WHAT IS NEEDED — In the entries, find all lines that hold the word "IsNext" and copy them.

MATERIAL PROVIDED START

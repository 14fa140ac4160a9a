//! How a heap begins.
ghost use Rattle.std.specs.Prelude.{◌≡◌, ◌++◌, ◌∷◌, ◌<◌, ◌≤◌, [], length, IfOk, OnOk};
ghost use Rattle.std.specs.Arc.{arc_value};
ghost use Rattle.std.specs.List.{All};
ghost use Rattle.atomic_table.specs.Seated.{TableId};
ghost use Rattle.hook_api.specs.declared.seat.AskSeat.{AskSeat};
ghost use Rattle.heap_runs.specs.Heaps.{MayCall};
ghost use Rattle.chunk_table.specs.Tables.{failed, owned, share_of, IsSeatOf};
ghost use Rattle.heap_runs.specs.Deals.{AreFresh, AreGiven, IsAdded, IsNew, IsNext};

use crate::heaps::{Ctx, SharedHeap};
use call_plan::Desk;
use chunk_table::{ChunkSeat, ChunkTable};
use heap_shared::{ArenaTurns, SharedArena};
use hook_api::AskSeats;
use std::alloc::{AllocError as NoMemory, Global};
use std::sync::Arc;
use turn_lock::{Pass, TurnLock};

impl Ctx {
    /// Adds the pass of the next arena.
    fn give(&mut self, pass: Pass<ArenaTurns>) -> Result<(), NoMemory>
        ensures client { self.new.client ≡ self.old.client }
        ensures desk { self.new.desk ≡ self.old.desk }
        ensures seat { self.new.seat ≡ self.old.seat }
        ensures passes { OnOk result (self.new.passes.items ≡ self.old.passes.items ++ pass ∷ []) }
    {
        self.passes.push(pass)?;
        Ok(())
    }
}

/// Gives each context a pass of a lock, in the order of their numbers.
fn deal(
    lock: &TurnLock<ArenaTurns>,
    mut pass: Pass<ArenaTurns>,
    ctxs: &mut Vec<Ctx>,
) -> Result<(), NoMemory>
    requires pass { IsNext lock.now 0 (length ctxs.old.items) pass }
    ensures { OnOk result (AreGiven lock.now ctxs.old.items ctxs.new.items) }
{
    let last = ctxs.len() - 1;
    for j in 0..last {
        let (own, rest) = lock.split_pass(pass);
        ctxs[j].give(own)?;
        pass = rest;
    }
    ctxs[last].give(pass)?;
    Ok(())
}

/// One more arena: its lock, and a pass of it for each context.
fn add(
    alloc: Global,
    table: &Arc<ChunkTable, Global>,
    seat: ChunkSeat,
    clients: u32,
    locks: &mut Vec<TurnLock<ArenaTurns>>,
    ctxs: &mut Vec<Ctx>,
) -> Result<(), NoMemory>
    requires seat { IsSeatOf (arc_value table.now) seat }
    requires none { owned seat ≡ [] }
    requires unfailed { failed seat ≡ [] }
    requires few { length locks.old.items < 32 }
    requires clients { (0 < clients) × (clients ≡ length ctxs.old.items) }
    ensures { OnOk result (IsAdded (arc_value table.now) (share_of seat).number clients locks.old.items locks.new.items ctxs.old.items ctxs.new.items) }
{
    let index = locks.len() as u32;
    let arena = SharedArena::new(alloc, index, table.clone()?, seat)?;
    let (lock, pass) = TurnLock::new(alloc, arena, clients)?;
    deal(&lock, pass, ctxs)?;
    locks.push(lock)?;
    Ok(())
}

/// A context for each seat, without passes.
fn fresh(alloc: Global, seats: AskSeats) -> Result<Vec<Ctx>, NoMemory>
    requires few { length seats.items ≤ 32 }
    ensures { IfOk result (λ ctxs. AreFresh seats.items ctxs.items) }
{
    let mut ctxs = Vec::new(alloc);
    for seat in seats {
        let client = ctxs.len() as u32;
        let ctx = Ctx {
            client,
            desk: Desk::new(alloc)?,
            passes: Vec::new(alloc),
            seat,
        };
        ctxs.push(ctx)?;
    }
    Ok(ctxs)
}

impl SharedHeap {
    /// A new heap and a context for each seat at a shared shelf: arena 0 is there, and no other, and no client has anything.
    pub fn new(alloc: Global, seats: AskSeats) -> Result<(SharedHeap, Vec<Ctx>), NoMemory>
        requires some { 0 < length seats.items }
        requires few { length seats.items ≤ 32 }
        ensures new { IfOk result (λ r. IsNew r.0 seats.items r.1.items) }
        ensures may { IfOk result (λ r. (shelf : TableId) → All (λ (seat : AskSeat). seat.badge.table_id ≡ shelf) seats.items → All (MayCall shelf r.0) r.1.items) }
    {
        let clients = seats.len() as u32;
        let mut ctxs = fresh(alloc, seats)?;
        let (table, chunk_seats) = ChunkTable::new(alloc, 32)?;
        let table = Arc::new(alloc, table)?;
        let mut locks = Vec::new(alloc);
        for seat in chunk_seats {
            add(alloc, &table, seat, clients, &mut locks, &mut ctxs)?;
        }
        let mut boxes = [None; 32];
        boxes[0] = Some(0);
        let heap = SharedHeap {
            locks,
            table,
            clients,
            boxes,
        };
        Ok((heap, ctxs))
    }
}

MATERIAL PROVIDED END

PROBLEM SOLUTION —
ghost use Rattle.heap_runs.specs.Deals.{AreFresh, AreGiven, IsAdded, IsNew, IsNext};
    requires pass { IsNext lock.now 0 (length ctxs.old.items) pass }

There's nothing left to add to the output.